Exercise data Start Marker

// The listing's line of one number, and of each payload that has several.
#![tactic(auto)]

ghost use Rattle.std.specs.Prelude.{◌++◌, ◌+◌, ◌<◌, ◌≤◌, length};
ghost use Rattle.text.specs.Ascii.{ascii};
ghost use Rattle.text.specs.Decimal.{decimal_of};
ghost use Rattle.text.specs.Lines.{under};
ghost use Rattle.text.specs.Within.{LaidWithin};
ghost use Rattle.wire.specs.Flags.{flag_in, ack_in, vector_in, delay_in};
ghost use Rattle.listing_fields.specs.Fields.{or_dash, ack_text, delay_text, vector_text};

use wire::{Ack, Delay, Vector, bits};

// The number in decimal where it is present, `-` where it is not.
fn number(out: &mut [u8], at: usize, present: bool, n: u64) -> usize
    requires { at + 20 ≤ length out.old }
    ensures { LaidWithin 20 (or_dash present (decimal_of n)) out.old at out.new result }
{
    if present {
        return text::decimal(out, at, n);
    }
    common::lay(out, at, b"-")
}

// A number with a comma behind it.
fn item(out: &mut [u8], at: usize, n: u64) -> usize
    requires { at + 21 ≤ length out.old }
    ensures { LaidWithin 21 (decimal_of n ++ ascii ",") out.old at out.new result }
{
    let end = text::decimal(out, at, n);
    common::lay(out, end, b",")
}

// The line of one number.
pub fn number_line(out: &mut [u8], at: usize, key: &[u8], present: bool, n: u64) -> usize
    requires { (at + 31 ≤ length out.old) × (length key.now ≤ 10) }
    ensures { LaidWithin 31 (under key.now (or_dash present (decimal_of n))) out.old at out.new result }
{
    let after = common::lay(out, at, key);
    let end = number(out, after, present, n);
    common::lay(out, end, b"\n")
}

// The line of one number that is present where the flag at this place of the header is set.
pub fn flagged_line(out: &mut [u8], at: usize, key: &[u8], flags: u16, place: u32, n: u64) -> usize
    requires { (at + 31 ≤ length out.old) × (length key.now ≤ 10) × (place < 16) }
    ensures { LaidWithin 31 (under key.now (or_dash (flag_in place flags) (decimal_of n))) out.old at out.new result }
{
    number_line(out, at, key, bits::flag(flags, place), n)
}

// The numbers of the ACK payload.
fn ack_text(out: &mut [u8], at: usize, a: Ack) -> usize
    requires { at + 104 ≤ length out.old }
    ensures { LaidWithin 104 (ack_text a) out.old at out.new result }
{
    let at1 = item(out, at, a.number as u64);
    let at2 = item(out, at1, a.time as u64);
    let at3 = item(out, at2, a.gap as u64);
    let at4 = item(out, at3, a.count as u64);
    text::decimal(out, at4, a.scale as u64)
}

// The numbers of the DelayAckInfo payload.
fn delay_text(out: &mut [u8], at: usize, y: Delay) -> usize
    requires { at + 41 ≤ length out.old }
    ensures { LaidWithin 41 (delay_text y) out.old at out.new result }
{
    let at1 = item(out, at, y.most as u64);
    text::decimal(out, at1, y.timeout as u64)
}

// The numbers of the ACKVEC payload.
fn vector_text(out: &mut [u8], at: usize, x: Vector) -> usize
    requires { at + 62 ≤ length out.old }
    ensures { LaidWithin 62 (vector_text x) out.old at out.new result }
{
    let at1 = item(out, at, x.base as u64);
    let at2 = item(out, at1, x.size as u64);
    number(out, at2, x.timed, x.time as u64)
}

// The line of the ACK payload.
pub fn ack_line(out: &mut [u8], at: usize, flags: u16, a: Ack) -> usize
    requires { at + 109 ≤ length out.old }
    ensures { LaidWithin 109 (under (ascii "ack=") (or_dash (ack_in flags) (ack_text a))) out.old at out.new result }
{
    if bits::flag(flags, wire::ACK) {
        let after = common::lay(out, at, b"ack=");
        let end = ack_text(out, after, a);
        return common::lay(out, end, b"\n");
    }
    common::lay(out, at, b"ack=-\n")
}

// The line of the DelayAckInfo payload.
pub fn delay_line(out: &mut [u8], at: usize, flags: u16, y: Delay) -> usize
    requires { at + 48 ≤ length out.old }
    ensures { LaidWithin 48 (under (ascii "delay=") (or_dash (delay_in flags) (delay_text y))) out.old at out.new result }
{
    if bits::flag(flags, wire::DELAYACKINFO) {
        let after = common::lay(out, at, b"delay=");
        let end = delay_text(out, after, y);
        return common::lay(out, end, b"\n");
    }
    common::lay(out, at, b"delay=-\n")
}

// The line of the ACKVEC payload.
pub fn vector_line(out: &mut [u8], at: usize, flags: u16, x: Vector) -> usize
    requires { at + 67 ≤ length out.old }
    ensures { LaidWithin 67 (under (ascii "vec=") (or_dash (vector_in flags) (vector_text x))) out.old at out.new result }
{
    if bits::flag(flags, wire::ACKVEC) {
        let after = common::lay(out, at, b"vec=");
        let end = vector_text(out, after, x);
        return common::lay(out, end, b"\n");
    }
    common::lay(out, at, b"vec=-\n")
}
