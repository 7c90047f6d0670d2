// A packet as a line of a script gives it, for the test programs: each value under its key. What a line does not give is 0.
#![tactic(auto)]

ghost use Rattle.std.specs.Prelude.{◌≤◌, length};

use wire::{Ack, Delay, Values, Vector};

// The ACK.
fn ack(line: &[u8]) -> Ack {
    Ack {
        number: script::word(line, b"ack="),
        time: script::long(line, b"acktime="),
        gap: script::byte(line, b"ackgap="),
        count: script::byte(line, b"count="),
        scale: script::byte(line, b"scale="),
    }
}

// The DelayAckInfo.
fn delay(line: &[u8]) -> Delay {
    Delay {
        most: script::byte(line, b"most="),
        timeout: script::word(line, b"delay="),
    }
}

// The acknowledgement vector.
fn vector(line: &[u8]) -> Vector {
    Vector {
        base: script::word(line, b"base="),
        size: script::byte(line, b"size="),
        timed: script::byte(line, b"timed=") == 1,
        time: script::long(line, b"time="),
        gap: script::byte(line, b"gap="),
    }
}

// The values of a packet.
pub fn values(line: &[u8]) -> Values {
    Values {
        flags: script::word(line, b"flags="),
        logwindow: script::byte(line, b"logwindow="),
        ack: ack(line),
        overhead: script::byte(line, b"overhead="),
        delay: delay(line),
        aoa: script::word(line, b"aoa="),
        number: script::word(line, b"data="),
        vector: vector(line),
        channel: script::word(line, b"channel="),
    }
}

// Writes a packet with these values, its vector bytes and its block, and answers how many bytes it has; 0 where writing refuses it.
pub fn make(line: &[u8], out: &mut [u8]) -> usize
    ensures { result ≤ length out.old }
{
    let mut coded = [0u8; 128];
    let k = script::bytes(line, b"coded=", &mut coded);
    let mut block = [0u8; 1225];
    let n = script::bytes(line, b"block=", &mut block);
    let room = out.len();
    match writer::write(values(line), b"", &coded[..k], &block[..n], out) {
        Ok(m) if m <= room => m,
        _ => 0,
    }
}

Exercise data End Marker

• **Assignment**
Work through the data line by line and state how many lines have the string "specs"; add nothing else.

• **Expected answer**
8